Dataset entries

######

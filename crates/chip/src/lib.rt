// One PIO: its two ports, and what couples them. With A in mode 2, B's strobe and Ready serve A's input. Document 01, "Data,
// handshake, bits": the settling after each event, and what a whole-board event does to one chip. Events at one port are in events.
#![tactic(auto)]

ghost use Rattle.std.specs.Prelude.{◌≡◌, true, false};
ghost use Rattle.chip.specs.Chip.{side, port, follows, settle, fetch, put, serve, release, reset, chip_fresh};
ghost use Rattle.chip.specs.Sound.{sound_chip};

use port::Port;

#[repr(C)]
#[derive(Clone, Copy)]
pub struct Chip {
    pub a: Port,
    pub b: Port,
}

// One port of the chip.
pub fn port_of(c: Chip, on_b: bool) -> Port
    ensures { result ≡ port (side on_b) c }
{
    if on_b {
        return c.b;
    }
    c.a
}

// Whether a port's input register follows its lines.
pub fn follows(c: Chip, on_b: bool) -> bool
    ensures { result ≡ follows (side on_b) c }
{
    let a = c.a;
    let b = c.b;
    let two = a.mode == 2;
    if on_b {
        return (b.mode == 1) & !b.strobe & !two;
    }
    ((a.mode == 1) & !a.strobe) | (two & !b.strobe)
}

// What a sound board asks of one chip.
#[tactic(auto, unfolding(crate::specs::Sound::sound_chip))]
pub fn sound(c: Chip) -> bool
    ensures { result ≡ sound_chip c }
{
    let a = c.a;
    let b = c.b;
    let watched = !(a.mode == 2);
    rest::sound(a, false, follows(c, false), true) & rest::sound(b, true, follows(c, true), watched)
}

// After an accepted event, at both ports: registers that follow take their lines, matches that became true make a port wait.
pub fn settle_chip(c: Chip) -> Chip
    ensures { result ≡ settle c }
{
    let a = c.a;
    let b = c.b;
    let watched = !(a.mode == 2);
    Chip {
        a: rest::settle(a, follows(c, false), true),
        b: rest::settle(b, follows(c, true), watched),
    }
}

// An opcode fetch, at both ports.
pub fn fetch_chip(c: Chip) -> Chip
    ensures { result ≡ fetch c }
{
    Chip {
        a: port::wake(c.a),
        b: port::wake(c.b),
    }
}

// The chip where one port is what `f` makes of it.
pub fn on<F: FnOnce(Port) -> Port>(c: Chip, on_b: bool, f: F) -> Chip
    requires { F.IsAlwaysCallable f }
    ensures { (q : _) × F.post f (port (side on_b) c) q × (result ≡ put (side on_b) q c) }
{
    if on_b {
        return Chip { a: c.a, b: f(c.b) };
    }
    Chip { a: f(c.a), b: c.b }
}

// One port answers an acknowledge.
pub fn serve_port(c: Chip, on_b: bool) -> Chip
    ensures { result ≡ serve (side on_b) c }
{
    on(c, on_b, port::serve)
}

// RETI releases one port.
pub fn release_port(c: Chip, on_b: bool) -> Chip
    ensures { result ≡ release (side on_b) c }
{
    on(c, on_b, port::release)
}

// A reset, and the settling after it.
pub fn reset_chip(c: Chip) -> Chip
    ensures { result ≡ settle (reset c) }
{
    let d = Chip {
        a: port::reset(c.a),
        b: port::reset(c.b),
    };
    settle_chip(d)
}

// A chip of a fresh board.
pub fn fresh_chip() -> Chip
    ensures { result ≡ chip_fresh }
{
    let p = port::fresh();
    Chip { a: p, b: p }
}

######

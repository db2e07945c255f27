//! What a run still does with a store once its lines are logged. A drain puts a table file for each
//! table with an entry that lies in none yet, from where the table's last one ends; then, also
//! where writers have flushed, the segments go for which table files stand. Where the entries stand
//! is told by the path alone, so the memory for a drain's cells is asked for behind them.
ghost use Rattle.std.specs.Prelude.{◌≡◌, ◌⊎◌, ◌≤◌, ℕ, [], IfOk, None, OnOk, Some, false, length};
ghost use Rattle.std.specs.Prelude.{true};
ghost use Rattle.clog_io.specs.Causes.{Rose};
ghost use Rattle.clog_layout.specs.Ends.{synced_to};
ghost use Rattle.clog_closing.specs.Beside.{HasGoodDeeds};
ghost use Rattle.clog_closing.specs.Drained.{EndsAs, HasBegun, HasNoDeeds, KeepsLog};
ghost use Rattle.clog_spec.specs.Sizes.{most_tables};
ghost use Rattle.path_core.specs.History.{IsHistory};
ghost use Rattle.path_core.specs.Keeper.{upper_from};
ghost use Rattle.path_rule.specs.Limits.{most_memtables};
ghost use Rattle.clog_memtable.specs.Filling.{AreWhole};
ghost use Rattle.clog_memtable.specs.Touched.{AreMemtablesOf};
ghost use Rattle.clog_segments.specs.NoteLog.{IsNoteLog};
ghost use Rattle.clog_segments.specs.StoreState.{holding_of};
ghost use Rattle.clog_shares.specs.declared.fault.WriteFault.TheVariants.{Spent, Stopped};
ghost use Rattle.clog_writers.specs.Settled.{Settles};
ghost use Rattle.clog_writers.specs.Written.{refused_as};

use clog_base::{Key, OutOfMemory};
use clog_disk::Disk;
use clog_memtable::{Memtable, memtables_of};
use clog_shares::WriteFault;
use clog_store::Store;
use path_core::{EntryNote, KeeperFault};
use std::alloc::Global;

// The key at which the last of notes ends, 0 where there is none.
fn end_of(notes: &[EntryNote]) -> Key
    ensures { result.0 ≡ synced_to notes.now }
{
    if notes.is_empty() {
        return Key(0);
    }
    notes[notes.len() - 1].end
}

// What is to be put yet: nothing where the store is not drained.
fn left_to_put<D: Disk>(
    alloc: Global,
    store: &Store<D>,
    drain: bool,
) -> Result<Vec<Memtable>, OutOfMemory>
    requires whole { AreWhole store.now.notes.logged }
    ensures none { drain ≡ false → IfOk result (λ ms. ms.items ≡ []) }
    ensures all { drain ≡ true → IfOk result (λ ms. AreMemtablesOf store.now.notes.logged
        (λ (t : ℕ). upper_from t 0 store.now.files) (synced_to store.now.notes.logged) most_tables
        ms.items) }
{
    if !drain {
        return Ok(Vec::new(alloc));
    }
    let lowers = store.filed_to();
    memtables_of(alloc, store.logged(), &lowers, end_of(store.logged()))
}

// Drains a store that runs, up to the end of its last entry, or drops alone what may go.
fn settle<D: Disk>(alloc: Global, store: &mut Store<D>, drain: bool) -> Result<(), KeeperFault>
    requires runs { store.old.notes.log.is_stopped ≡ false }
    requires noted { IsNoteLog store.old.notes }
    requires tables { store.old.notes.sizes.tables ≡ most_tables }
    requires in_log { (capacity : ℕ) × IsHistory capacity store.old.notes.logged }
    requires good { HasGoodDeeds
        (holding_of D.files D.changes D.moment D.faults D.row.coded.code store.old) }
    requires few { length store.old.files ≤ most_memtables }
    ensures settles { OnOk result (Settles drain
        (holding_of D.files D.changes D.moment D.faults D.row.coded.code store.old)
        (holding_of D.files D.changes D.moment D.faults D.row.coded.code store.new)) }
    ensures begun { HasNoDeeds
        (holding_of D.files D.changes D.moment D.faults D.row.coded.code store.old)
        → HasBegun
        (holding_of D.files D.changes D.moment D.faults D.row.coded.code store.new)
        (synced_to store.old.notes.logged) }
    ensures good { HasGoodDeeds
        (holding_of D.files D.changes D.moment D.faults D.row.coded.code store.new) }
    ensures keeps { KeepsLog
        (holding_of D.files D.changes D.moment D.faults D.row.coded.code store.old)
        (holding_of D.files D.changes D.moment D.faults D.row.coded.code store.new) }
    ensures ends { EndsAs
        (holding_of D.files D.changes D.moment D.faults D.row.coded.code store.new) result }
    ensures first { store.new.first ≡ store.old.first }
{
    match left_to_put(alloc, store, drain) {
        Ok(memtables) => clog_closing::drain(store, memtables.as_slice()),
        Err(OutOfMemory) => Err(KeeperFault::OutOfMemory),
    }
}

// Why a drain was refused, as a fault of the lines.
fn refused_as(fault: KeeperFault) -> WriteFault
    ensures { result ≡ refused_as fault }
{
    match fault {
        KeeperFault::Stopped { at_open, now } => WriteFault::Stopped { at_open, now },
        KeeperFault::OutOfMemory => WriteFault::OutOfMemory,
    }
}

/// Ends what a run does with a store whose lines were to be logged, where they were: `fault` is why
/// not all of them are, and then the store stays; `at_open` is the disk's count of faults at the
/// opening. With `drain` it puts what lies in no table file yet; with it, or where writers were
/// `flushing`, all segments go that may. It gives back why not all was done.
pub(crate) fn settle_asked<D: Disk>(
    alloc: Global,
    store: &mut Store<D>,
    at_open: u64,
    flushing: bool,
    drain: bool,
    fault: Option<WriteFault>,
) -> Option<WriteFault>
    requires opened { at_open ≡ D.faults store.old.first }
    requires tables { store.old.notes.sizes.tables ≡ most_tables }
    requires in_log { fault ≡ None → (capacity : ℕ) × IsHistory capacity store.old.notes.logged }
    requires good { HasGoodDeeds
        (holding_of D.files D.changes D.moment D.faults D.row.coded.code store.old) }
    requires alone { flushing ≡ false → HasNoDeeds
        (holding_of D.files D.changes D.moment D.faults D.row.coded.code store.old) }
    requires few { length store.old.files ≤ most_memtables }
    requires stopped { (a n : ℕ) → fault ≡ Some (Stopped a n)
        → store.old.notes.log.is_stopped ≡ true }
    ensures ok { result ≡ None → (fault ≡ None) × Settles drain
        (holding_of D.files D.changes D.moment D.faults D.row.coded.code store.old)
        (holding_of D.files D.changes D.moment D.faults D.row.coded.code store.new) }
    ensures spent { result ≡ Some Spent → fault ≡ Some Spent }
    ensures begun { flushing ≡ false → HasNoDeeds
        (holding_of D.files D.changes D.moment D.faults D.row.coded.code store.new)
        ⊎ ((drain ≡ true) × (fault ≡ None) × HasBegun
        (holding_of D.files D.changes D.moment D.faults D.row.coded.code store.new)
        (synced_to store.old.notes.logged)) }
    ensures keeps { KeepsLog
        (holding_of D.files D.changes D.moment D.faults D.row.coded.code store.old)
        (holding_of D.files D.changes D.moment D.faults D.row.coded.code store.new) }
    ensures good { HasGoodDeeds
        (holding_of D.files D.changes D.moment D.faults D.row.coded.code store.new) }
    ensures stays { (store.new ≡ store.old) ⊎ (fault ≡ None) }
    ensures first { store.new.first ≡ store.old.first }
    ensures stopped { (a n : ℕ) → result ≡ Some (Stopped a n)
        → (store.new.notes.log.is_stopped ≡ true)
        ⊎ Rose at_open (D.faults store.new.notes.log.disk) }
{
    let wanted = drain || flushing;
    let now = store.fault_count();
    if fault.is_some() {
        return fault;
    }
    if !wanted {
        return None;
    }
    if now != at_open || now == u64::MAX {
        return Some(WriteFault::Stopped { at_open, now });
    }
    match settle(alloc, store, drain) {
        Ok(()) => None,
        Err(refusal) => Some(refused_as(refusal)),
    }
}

######

Among the records above, a stretch begins at the line containing "filename crates/chip/src/lib.rt" and ends at the line containing "pub fn on<F: FnOnce(Port)". Restate that stretch word for word, and nothing else.

filename crates/chip/src/lib.rt
// One PIO: its two ports, and what couples them. With A in mode 2, B's strobe and Ready serve A's input. Document 01, "Data,
// handshake, bits": the settling after each event, and what a whole-board event does to one chip. Events at one port are in events.
#![tactic(auto)]

ghost use Rattle.std.specs.Prelude.{◌≡◌, true, false};
ghost use Rattle.chip.specs.Chip.{side, port, follows, settle, fetch, put, serve, release, reset, chip_fresh};
ghost use Rattle.chip.specs.Sound.{sound_chip};

use port::Port;

#[repr(C)]
#[derive(Clone, Copy)]
pub struct Chip {
    pub a: Port,
    pub b: Port,
}

// One port of the chip.
pub fn port_of(c: Chip, on_b: bool) -> Port
    ensures { result ≡ port (side on_b) c }
{
    if on_b {
        return c.b;
    }
    c.a
}

// Whether a port's input register follows its lines.
pub fn follows(c: Chip, on_b: bool) -> bool
    ensures { result ≡ follows (side on_b) c }
{
    let a = c.a;
    let b = c.b;
    let two = a.mode == 2;
    if on_b {
        return (b.mode == 1) & !b.strobe & !two;
    }
    ((a.mode == 1) & !a.strobe) | (two & !b.strobe)
}

// What a sound board asks of one chip.
#[tactic(auto, unfolding(crate::specs::Sound::sound_chip))]
pub fn sound(c: Chip) -> bool
    ensures { result ≡ sound_chip c }
{
    let a = c.a;
    let b = c.b;
    let watched = !(a.mode == 2);
    rest::sound(a, false, follows(c, false), true) & rest::sound(b, true, follows(c, true), watched)
}

// After an accepted event, at both ports: registers that follow take their lines, matches that became true make a port wait.
pub fn settle_chip(c: Chip) -> Chip
    ensures { result ≡ settle c }
{
    let a = c.a;
    let b = c.b;
    let watched = !(a.mode == 2);
    Chip {
        a: rest::settle(a, follows(c, false), true),
        b: rest::settle(b, follows(c, true), watched),
    }
}

// An opcode fetch, at both ports.
pub fn fetch_chip(c: Chip) -> Chip
    ensures { result ≡ fetch c }
{
    Chip {
        a: port::wake(c.a),
        b: port::wake(c.b),
    }
}

// The chip where one port is what `f` makes of it.
pub fn on<F: FnOnce(Port) -> Port>(c: Chip, on_b: bool, f: F) -> Chip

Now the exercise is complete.